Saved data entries
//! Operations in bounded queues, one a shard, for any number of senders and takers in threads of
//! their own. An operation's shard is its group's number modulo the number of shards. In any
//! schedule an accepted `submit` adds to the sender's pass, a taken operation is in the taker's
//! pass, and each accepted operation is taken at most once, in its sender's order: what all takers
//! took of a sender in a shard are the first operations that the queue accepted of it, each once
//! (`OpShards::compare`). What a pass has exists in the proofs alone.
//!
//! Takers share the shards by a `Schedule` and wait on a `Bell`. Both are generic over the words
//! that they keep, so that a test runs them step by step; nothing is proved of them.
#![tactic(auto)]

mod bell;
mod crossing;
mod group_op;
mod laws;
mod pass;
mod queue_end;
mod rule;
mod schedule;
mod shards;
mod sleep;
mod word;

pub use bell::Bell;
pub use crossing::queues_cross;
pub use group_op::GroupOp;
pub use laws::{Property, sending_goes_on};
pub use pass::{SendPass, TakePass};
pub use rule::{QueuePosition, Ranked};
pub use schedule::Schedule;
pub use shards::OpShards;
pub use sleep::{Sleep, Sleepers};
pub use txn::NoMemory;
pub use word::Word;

---

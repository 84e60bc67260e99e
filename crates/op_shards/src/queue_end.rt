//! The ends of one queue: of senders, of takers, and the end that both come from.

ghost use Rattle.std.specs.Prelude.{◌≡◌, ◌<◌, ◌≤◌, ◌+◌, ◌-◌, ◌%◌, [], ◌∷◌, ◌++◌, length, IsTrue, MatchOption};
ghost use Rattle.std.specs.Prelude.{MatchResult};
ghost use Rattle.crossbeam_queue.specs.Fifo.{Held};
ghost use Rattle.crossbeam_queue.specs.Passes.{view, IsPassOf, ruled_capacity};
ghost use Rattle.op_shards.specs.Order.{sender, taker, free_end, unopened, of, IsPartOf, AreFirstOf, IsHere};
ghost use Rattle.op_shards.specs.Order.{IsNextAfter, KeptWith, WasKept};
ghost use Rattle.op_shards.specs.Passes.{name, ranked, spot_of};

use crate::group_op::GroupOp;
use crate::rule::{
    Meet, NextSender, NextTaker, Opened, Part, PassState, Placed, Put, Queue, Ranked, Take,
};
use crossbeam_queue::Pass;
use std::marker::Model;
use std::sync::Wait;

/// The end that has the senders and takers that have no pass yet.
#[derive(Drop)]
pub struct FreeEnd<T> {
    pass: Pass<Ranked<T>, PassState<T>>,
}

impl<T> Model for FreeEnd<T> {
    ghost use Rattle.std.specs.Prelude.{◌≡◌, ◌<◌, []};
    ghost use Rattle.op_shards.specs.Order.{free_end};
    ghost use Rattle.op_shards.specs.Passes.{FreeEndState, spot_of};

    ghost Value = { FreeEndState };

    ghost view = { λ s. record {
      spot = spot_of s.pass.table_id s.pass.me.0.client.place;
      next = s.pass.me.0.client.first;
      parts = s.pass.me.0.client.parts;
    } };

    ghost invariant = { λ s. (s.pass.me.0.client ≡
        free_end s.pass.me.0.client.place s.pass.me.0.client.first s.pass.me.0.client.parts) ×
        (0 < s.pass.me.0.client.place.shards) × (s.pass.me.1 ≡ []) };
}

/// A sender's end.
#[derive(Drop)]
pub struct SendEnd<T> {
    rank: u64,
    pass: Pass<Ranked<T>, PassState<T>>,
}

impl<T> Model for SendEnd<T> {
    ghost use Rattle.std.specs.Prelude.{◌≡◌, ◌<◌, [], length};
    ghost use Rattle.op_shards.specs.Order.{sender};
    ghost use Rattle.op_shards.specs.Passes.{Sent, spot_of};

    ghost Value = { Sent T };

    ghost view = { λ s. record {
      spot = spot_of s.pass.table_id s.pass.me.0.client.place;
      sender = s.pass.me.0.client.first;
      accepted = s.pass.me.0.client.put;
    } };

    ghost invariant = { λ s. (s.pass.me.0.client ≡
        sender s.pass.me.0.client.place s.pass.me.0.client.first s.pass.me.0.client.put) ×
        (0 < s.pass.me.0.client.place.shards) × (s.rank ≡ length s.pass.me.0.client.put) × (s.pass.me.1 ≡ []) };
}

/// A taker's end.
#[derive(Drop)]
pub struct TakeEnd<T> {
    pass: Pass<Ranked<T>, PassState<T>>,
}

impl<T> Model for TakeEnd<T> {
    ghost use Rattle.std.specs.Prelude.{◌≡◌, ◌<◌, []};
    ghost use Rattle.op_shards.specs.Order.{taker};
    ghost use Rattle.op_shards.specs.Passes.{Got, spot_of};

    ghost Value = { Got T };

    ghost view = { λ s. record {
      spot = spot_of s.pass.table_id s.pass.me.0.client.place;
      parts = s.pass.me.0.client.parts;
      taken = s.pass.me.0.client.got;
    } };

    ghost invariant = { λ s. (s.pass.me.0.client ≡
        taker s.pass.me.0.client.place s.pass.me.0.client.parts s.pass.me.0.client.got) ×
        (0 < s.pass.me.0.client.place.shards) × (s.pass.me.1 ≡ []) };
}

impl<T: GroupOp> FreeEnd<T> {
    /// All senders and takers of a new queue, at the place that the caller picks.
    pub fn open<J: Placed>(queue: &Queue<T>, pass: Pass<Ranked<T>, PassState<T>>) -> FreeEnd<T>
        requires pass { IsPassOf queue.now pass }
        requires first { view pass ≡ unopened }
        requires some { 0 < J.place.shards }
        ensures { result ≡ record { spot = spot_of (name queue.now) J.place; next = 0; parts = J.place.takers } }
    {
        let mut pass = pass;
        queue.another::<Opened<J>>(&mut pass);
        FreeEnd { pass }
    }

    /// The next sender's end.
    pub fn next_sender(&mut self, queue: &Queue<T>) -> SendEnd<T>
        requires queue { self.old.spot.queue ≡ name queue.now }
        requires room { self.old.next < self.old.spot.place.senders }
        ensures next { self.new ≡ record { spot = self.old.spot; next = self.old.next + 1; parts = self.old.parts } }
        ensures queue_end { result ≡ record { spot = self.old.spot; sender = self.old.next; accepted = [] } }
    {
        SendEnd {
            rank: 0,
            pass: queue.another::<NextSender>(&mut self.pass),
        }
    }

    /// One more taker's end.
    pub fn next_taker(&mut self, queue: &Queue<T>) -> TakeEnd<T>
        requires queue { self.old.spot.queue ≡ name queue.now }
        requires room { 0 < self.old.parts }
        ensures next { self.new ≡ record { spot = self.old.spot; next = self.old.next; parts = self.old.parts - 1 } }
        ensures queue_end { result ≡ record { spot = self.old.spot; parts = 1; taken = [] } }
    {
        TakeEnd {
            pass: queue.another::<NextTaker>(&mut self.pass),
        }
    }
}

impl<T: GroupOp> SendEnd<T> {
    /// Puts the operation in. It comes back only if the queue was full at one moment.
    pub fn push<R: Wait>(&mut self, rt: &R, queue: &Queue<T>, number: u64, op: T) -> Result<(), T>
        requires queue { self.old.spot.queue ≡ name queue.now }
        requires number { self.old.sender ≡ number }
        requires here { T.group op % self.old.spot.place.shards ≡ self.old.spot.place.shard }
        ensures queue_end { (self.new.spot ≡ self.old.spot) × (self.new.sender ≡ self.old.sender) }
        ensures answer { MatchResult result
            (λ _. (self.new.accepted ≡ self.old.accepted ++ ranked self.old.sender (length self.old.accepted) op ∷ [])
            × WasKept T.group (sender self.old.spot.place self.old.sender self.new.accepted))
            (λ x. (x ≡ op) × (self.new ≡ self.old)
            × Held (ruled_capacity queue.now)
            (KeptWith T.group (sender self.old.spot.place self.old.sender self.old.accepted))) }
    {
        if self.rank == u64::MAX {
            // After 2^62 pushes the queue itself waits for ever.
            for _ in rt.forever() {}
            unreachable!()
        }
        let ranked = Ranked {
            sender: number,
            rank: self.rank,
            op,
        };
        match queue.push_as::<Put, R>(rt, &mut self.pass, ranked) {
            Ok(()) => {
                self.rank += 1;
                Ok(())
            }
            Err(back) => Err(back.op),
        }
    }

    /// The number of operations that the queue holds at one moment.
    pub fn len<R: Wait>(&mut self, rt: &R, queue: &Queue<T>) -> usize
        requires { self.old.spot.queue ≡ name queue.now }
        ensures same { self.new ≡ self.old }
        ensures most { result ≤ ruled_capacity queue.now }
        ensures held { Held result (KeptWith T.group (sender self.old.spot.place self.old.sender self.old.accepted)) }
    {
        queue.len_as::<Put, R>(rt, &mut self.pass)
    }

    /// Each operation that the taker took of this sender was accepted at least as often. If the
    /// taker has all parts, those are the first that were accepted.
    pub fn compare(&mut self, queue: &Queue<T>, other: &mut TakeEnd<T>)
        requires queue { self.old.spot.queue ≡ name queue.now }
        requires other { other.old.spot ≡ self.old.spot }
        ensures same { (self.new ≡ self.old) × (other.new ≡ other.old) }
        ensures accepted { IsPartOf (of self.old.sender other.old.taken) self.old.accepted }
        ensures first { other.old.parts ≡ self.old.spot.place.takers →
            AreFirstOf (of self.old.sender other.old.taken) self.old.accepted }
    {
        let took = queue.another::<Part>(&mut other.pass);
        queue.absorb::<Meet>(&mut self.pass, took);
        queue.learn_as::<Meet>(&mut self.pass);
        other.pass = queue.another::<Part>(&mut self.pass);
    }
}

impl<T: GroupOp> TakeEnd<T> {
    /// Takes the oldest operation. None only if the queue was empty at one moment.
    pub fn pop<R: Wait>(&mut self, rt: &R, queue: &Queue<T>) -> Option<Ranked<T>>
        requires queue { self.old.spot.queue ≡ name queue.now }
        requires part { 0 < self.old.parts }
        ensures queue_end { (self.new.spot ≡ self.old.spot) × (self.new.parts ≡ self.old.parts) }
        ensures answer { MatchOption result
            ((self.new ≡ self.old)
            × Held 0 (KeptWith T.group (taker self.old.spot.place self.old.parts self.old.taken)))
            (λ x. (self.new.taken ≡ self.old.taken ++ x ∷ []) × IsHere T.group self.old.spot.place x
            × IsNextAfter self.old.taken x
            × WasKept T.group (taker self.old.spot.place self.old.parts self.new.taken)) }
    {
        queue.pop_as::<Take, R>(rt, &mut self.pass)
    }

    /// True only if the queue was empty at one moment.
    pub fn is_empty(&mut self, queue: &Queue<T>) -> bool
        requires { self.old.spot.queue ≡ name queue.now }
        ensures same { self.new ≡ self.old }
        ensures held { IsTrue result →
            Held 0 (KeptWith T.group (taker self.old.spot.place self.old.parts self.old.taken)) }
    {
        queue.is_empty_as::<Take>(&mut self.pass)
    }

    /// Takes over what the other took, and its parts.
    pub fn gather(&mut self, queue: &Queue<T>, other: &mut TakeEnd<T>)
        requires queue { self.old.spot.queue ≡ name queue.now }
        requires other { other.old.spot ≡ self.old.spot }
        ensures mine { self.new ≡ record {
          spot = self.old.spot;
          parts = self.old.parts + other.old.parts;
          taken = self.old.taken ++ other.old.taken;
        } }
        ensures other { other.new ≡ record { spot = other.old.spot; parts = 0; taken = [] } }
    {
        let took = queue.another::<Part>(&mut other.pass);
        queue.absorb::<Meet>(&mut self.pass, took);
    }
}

...

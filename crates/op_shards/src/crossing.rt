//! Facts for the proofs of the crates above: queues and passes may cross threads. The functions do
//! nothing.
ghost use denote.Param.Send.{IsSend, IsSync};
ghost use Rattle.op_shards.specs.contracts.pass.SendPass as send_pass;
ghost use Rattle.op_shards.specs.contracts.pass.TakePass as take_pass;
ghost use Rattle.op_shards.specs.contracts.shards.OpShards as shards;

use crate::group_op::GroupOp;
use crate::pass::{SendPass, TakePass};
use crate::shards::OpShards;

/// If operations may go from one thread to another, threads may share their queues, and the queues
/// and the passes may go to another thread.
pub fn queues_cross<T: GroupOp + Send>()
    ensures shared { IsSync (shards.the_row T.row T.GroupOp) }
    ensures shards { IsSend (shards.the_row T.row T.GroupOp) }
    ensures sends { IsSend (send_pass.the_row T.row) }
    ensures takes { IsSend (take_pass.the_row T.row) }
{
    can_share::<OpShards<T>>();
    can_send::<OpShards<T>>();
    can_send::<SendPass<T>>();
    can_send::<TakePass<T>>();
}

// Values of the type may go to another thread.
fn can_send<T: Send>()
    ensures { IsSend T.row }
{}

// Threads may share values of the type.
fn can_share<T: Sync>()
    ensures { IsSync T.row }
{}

→ **Problem**
Only a number is expected: the count of lines in the data that contain the word "room".

→ **Written answer**
2